Implementing Analytics Solutions Using Microsoft Fabric — Question 41
You are analyzing customer purchases in a Fabric notebook by using PySpark.
You have the following DataFrames:
transactions: Contains five columns named transaction_id, customer_id, product_id, amount, and date and has 10 million rows, with each row representing a transaction. customers: Contains customer details in 1,000 rows and three columns named customer_id, name, and country.
You need to join the DataFrames on the customer_id column. The solution must minimize data shuffling.
You write the following code.
from pyspark.sql import functions as F
results =
Which code should you run to populate the results DataFrame?
Answer options
- A. transactions.join(F.broadcast(customers), transactions.customer_id == customers.customer_id)
- B. transactions.join(customers, transactions.customer_id == customers.customer_id).distinct()
- C. transactions.join(customers, transactions.customer_id == customers.customer_id)

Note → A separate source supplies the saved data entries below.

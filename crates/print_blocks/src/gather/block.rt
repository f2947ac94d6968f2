//! A block of bytes before a writer.
ghost use Rattle.std.specs.Prelude.{◌≡◌, ◌+◌, ◌-◌, ◌≤◌, ◌++◌, length, take, drop, OnOk, OnErr, is_err};
ghost use Rattle.std.specs.Io.KnownBytes.{Appends};
ghost use Rattle.arrayvec.specs.ArrayVec.{array_vec_len};
ghost use Rattle.base_token.specs.Counts.{count_after};

use arrayvec::ArrayVec;
use base_token::CountedWrite;
use std::io;
use std::io::{Error, ErrorKind};

/// How many bytes a block has.
pub const BLOCK: usize = 4096;

/// Writes the bytes of a block up to its end, or until more than the first `kept` are out. It answers
/// how many are out, and no write is tried after one that failed.
pub fn send<W: CountedWrite>(wr: &mut W, block: &[u8], kept: usize) -> (usize, io::Result<()>)
    ensures bound { result.0 ≤ length block.now }
    ensures bytes { Appends (W.contents wr.old) (W.contents wr.new) (take result.0 block.now) }
    ensures whole { OnOk result.1 (result.0 ≤ kept → result.0 ≡ length block.now) }
    ensures kept { OnErr result.1 (result.0 ≤ kept) }
    ensures failures { W.failure_count wr.new ≡ count_after (is_err result.1) (W.failure_count wr.old) }
{
    let mut sent = 0;
    'parts: while sent < block.len() && sent <= kept {
        match wr.write_counted(&block[sent..]) {
            Ok(0) => return (sent, Err(Error::from(ErrorKind::WriteZero))),
            Ok(count) => sent += count,
            Err(error) => return (sent, Err(error)),
        }
    }
    (sent, Ok(()))
}

/// Drops the front of a block.
pub fn drop_front(block: &mut ArrayVec<u8, BLOCK>, count: usize)
    requires { count ≤ array_vec_len block.old }
    ensures items { block.new.items ≡ drop count block.old.items }
    ensures len { array_vec_len block.new ≡ array_vec_len block.old - count }
{
    let len = block.len();
    block.as_mut_slice().copy_within(count..len, 0);
    block.truncate(len - count);
}

/// Puts bytes behind those of a block, which has room for them.
#[inline(always)]
pub fn extend(block: &mut ArrayVec<u8, BLOCK>, bytes: &[u8])
    requires { array_vec_len block.old + length bytes.now ≤ BLOCK }
    ensures items { block.new.items ≡ block.old.items ++ bytes.now }
    ensures len { array_vec_len block.new ≡ array_vec_len block.old + length bytes.now }
{
    let Ok(()) = block.try_extend_from_slice(bytes) else {
        unreachable!()
    };
}
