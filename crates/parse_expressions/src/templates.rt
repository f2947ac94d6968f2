//! Templates.
ghost use Rattle.std.specs.Prelude.{◌≡◌, ◌++◌, ◌∷◌, [], false, true, IfErr, IfOk};
ghost use Rattle.grammar_spec.specs.Tokens.Input.{content, first_span};
ghost use Rattle.base_token.specs.Kinds.{template_kind};
ghost use Rattle.tree_nodes.specs.Fits.{fits_tpl};
ghost use Rattle.tree_nodes.specs.Placed.{inner};
ghost use Rattle.tree_nodes.specs.View.{view_tpl, view_tpl_element};
ghost use Rattle.grammar_spec.specs.Reader.Source as spec;
ghost use Rattle.grammar_spec.specs.Reader.Expressions as reads;
ghost use Rattle.parse_state.specs.Answers.{going_on, IsMemory};
ghost use Rattle.tree_spec.specs.Tree.{pack, tpl};
ghost use Rattle.parse_state.specs.Codes.{code_of};
ghost use Rattle.parse_state.specs.Cursors.{stream_of};
ghost use Rattle.parse_state.specs.Reads.{at_hand, Passes, Shorter};
ghost use Rattle.parse_operands.specs.Lists.{spans_of, FitSpans};
ghost use Rattle.parse_operands.specs.Operands.{tree_of};
ghost use Rattle.parse_operands.specs.Rules.{ReadsBy};
ghost use Rattle.parse_expressions.specs.Pieces.{element_at, spans_by};
ghost use Rattle.parse_expressions.specs.Steps.{tagged_by};

use base_token::{BytePos, Span, Token};
use parse_operands::lists::Spans;
use parse_operands::{Nested, Operand, literals, made};
use parse_state::code::with_in;
use parse_state::operators::EXPRESSION;
use parse_state::{Around, Failure, Parser, Tokens, kinds};
use std::alloc::Global;
use tree_nodes::{Tpl, TplElement};

/// Adds characters and the expression behind them.
fn add(spans: &mut Spans, element: TplElement, read: Operand) -> Result<(), Failure>
    requires fits { FitSpans spans.old }
    ensures exprs { IfOk result (λ _. (spans_of spans.new).exprs ≡ (spans_of spans.old).exprs ++ tree_of read ∷ []) }
    ensures quasis { IfOk result (λ _. (spans_of spans.new).quasis ≡ (spans_of spans.old).quasis
        ++ view_tpl_element element ∷ []) }
    ensures fits { IfOk result (λ _. FitSpans spans.new) }
    ensures full { IfErr result IsMemory }
{
    spans.exprs.push(read.expr)?;
    spans.quasis.push(element)?;
    Ok(())
}

/// What ends the characters of a template: its end, or an expression. Whether more characters follow.
#[inline(always)]
#[tactic(auto, unfolding(grammar_spec::specs::Reader::Expressions::quasi_end))]
pub fn characters_end<'a, I: Tokens<'a> + Drop, N: Nested<'a, I>>(
    p: &mut Parser<'a, I>,
    nested: &N,
    code: Around,
    tagged: bool,
    element: TplElement,
    spans: &mut Spans,
) -> Result<bool, Failure>
    requires ready { N.ready nested.now }
    requires fits { FitSpans spans.old }
    requires tail { element.tail ≡ false }
    ensures value { ReadsBy I.machine I.state (N.reads nested.now) p.old p.new result
        (λ x. going_on x (spans_of spans.new))
        (λ m r. reads.quasi_end m r (code_of code) tagged (spans_of spans.old) (element_at element)) }
    ensures fits { IfOk result (λ _. FitSpans spans.new) }
    ensures shorter { Shorter I.machine I.state p.old p.new result }
{
    let mut element = element;
    let fits = tagged || element.cooked.is_some();
    if p.eat(kinds::BACK_QUOTE)? {
        if !fits {
            return Err(p.unexpected());
        }
        element.tail = true;
        spans.quasis.push(element)?;
        return Ok(false);
    }
    p.expect(kinds::DOLLAR_BRACE)?;
    let read = nested.expr(p, with_in(code), EXPRESSION)?;
    p.expect(kinds::RIGHT_BRACE)?;
    if !fits {
        return Err(p.unexpected());
    }
    add(spans, element, read)?;
    Ok(true)
}

/// The characters of a template that come. The token is let go here, so that a nested template has no such frame below it.
#[inline(never)]
#[tactic(auto, unfolding(grammar_spec::specs::Reader::Source::eat, parse_state::specs::Cursors::stream_of))]
fn quasi<'a, I: Tokens<'a> + Drop, N: Nested<'a, I>>(
    p: &mut Parser<'a, I>,
    _nested: &N,
) -> Result<TplElement, Failure>
    ensures value { Passes I.machine I.state p.old p.new result (λ m. spec.eat m template_kind) }
    ensures element { IfOk result (λ x. element_at x
        ≡ reads.quasi (stream_of I.machine) (N.reads _nested.now I.State I.machine)
        (content (at_hand I.machine I.state p.old))
        (first_span (at_hand I.machine I.state p.old))) }
    ensures tail { IfOk result (λ x. x.tail ≡ false) }
    ensures shorter { Shorter I.machine I.state p.old p.new result }
{
    let span = p.place();
    let fault = p.unexpected();
    if !p.at(kinds::TEMPLATE) {
        return Err(fault);
    }
    let Some(token) = p.take()? else {
        return Err(fault);
    };
    let Token::Template { raw, cooked } = token.into_token() else {
        return Err(fault);
    };
    literals::tpl_element(p.alloc, span, raw, cooked)
}

/// The next characters of a template, and what ends them. Whether more follow.
#[inline(always)]
#[tactic(auto, using(crate::proofs::Steps::step_by))]
pub fn characters<'a, I: Tokens<'a> + Drop, N: Nested<'a, I>>(
    p: &mut Parser<'a, I>,
    nested: &N,
    code: Around,
    tagged: bool,
    spans: &mut Spans,
) -> Result<bool, Failure>
    requires ready { N.ready nested.now }
    requires fits { FitSpans spans.old }
    ensures value { ReadsBy I.machine I.state (N.reads nested.now) p.old p.new result
        (λ x. going_on x (spans_of spans.new))
        (λ m r. reads.quasi_step m r (code_of code) tagged (spans_of spans.old)) }
    ensures fits { IfOk result (λ _. FitSpans spans.new) }
    ensures shorter { Shorter I.machine I.state p.old p.new result }
{
    let element = quasi(p, nested)?;
    characters_end(p, nested, code, tagged, element, spans)
}

/// What stands in a template, after its first back quote.
#[inline(always)]
#[tactic(auto, using(parse_state::proofs::Iterate::iterates), unfolding(crate::specs::Pieces::spans_by))]
pub fn spans<'a, I: Tokens<'a> + Drop, N: Nested<'a, I>>(
    p: &mut Parser<'a, I>,
    nested: &N,
    code: Around,
    tagged: bool,
) -> Result<Spans, Failure>
    requires ready { N.ready nested.now }
    ensures value { ReadsBy I.machine I.state (N.reads nested.now) p.old p.new result
        spans_of (λ m r. spans_by m r (code_of code) tagged) }
    ensures fits { IfOk result (λ x. FitSpans x) }
    ensures shorter { Shorter I.machine I.state p.old p.new result }
{
    let mut spans = Spans {
        exprs: Vec::new(p.alloc),
        quasis: Vec::new(p.alloc),
    };
    'turns: while characters(p, nested, code, tagged, &mut spans)? {}
    Ok(spans)
}

/// A template of what stands in it.
#[tactic(auto, using(parse_operands::proofs::Packs::packs))]
fn template_of(alloc: Global, span: Span, read: Spans) -> Result<Box<Tpl>, Failure>
    requires { FitSpans read }
    ensures value { IfOk result (λ x. view_tpl inner x.value
        ≡ tpl span (pack (spans_of read).exprs) (pack (spans_of read).quasis)) }
    ensures fits { IfOk result (λ x. fits_tpl (λ p. p) x.value) }
    ensures full { IfErr result IsMemory }
{
    let node = Tpl {
        span,
        exprs: read.exprs,
        quasis: read.quasis,
    };
    Ok(Box::new(alloc, node)?)
}

/// A template, from its first back quote on.
#[inline(never)]
#[tactic(auto, unfolding(grammar_spec::specs::Reader::Expressions::template_by, crate::specs::Pieces::spans_by))]
pub fn template<'a, I: Tokens<'a> + Drop, N: Nested<'a, I>>(
    p: &mut Parser<'a, I>,
    nested: &N,
    code: Around,
    tagged: bool,
) -> Result<Box<Tpl>, Failure>
    requires ready { N.ready nested.now }
    ensures value { ReadsBy I.machine I.state (N.reads nested.now) p.old p.new result
        (λ x. view_tpl inner x.value) (λ m r. reads.template_by m r (code_of code) tagged) }
    ensures fits { IfOk result (λ x. fits_tpl (λ p. p) x.value) }
    ensures shorter { Shorter I.machine I.state p.old p.new result }
{
    let start = p.lo();
    p.bump()?;
    let read = spans(p, nested, code, tagged)?;
    template_of(p.alloc, p.since(start), read)
}

/// A template behind its tag.
#[inline(never)]
pub fn tagged<'a, I: Tokens<'a> + Drop, N: Nested<'a, I>>(
    p: &mut Parser<'a, I>,
    nested: &N,
    code: Around,
    start: BytePos,
    tag: Operand,
) -> Result<Operand, Failure>
    requires ready { N.ready nested.now }
    ensures value { ReadsBy I.machine I.state (N.reads nested.now) p.old p.new result
        tree_of (λ m r. tagged_by m r (code_of code) start.0 (tree_of tag)) }
    ensures shorter { Shorter I.machine I.state p.old p.new result }
{
    let tpl = template(p, nested, code, true)?;
    made::tagged_tpl(p.alloc, p.since(start), tag, tpl)
}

- D. transactions.crossJoin(customers).where(transactions.customer_id == customers.customer_id)
Correct answer: A
Explanation
The correct answer is A because using F.broadcast(customers) allows the smaller customers DataFrame to be broadcasted to all nodes, minimizing data shuffling during the join operation. Options B and C do not use broadcasting, which could lead to increased shuffling, while D performs a cross join, resulting in a much larger intermediate DataFrame that is inefficient and unnecessary.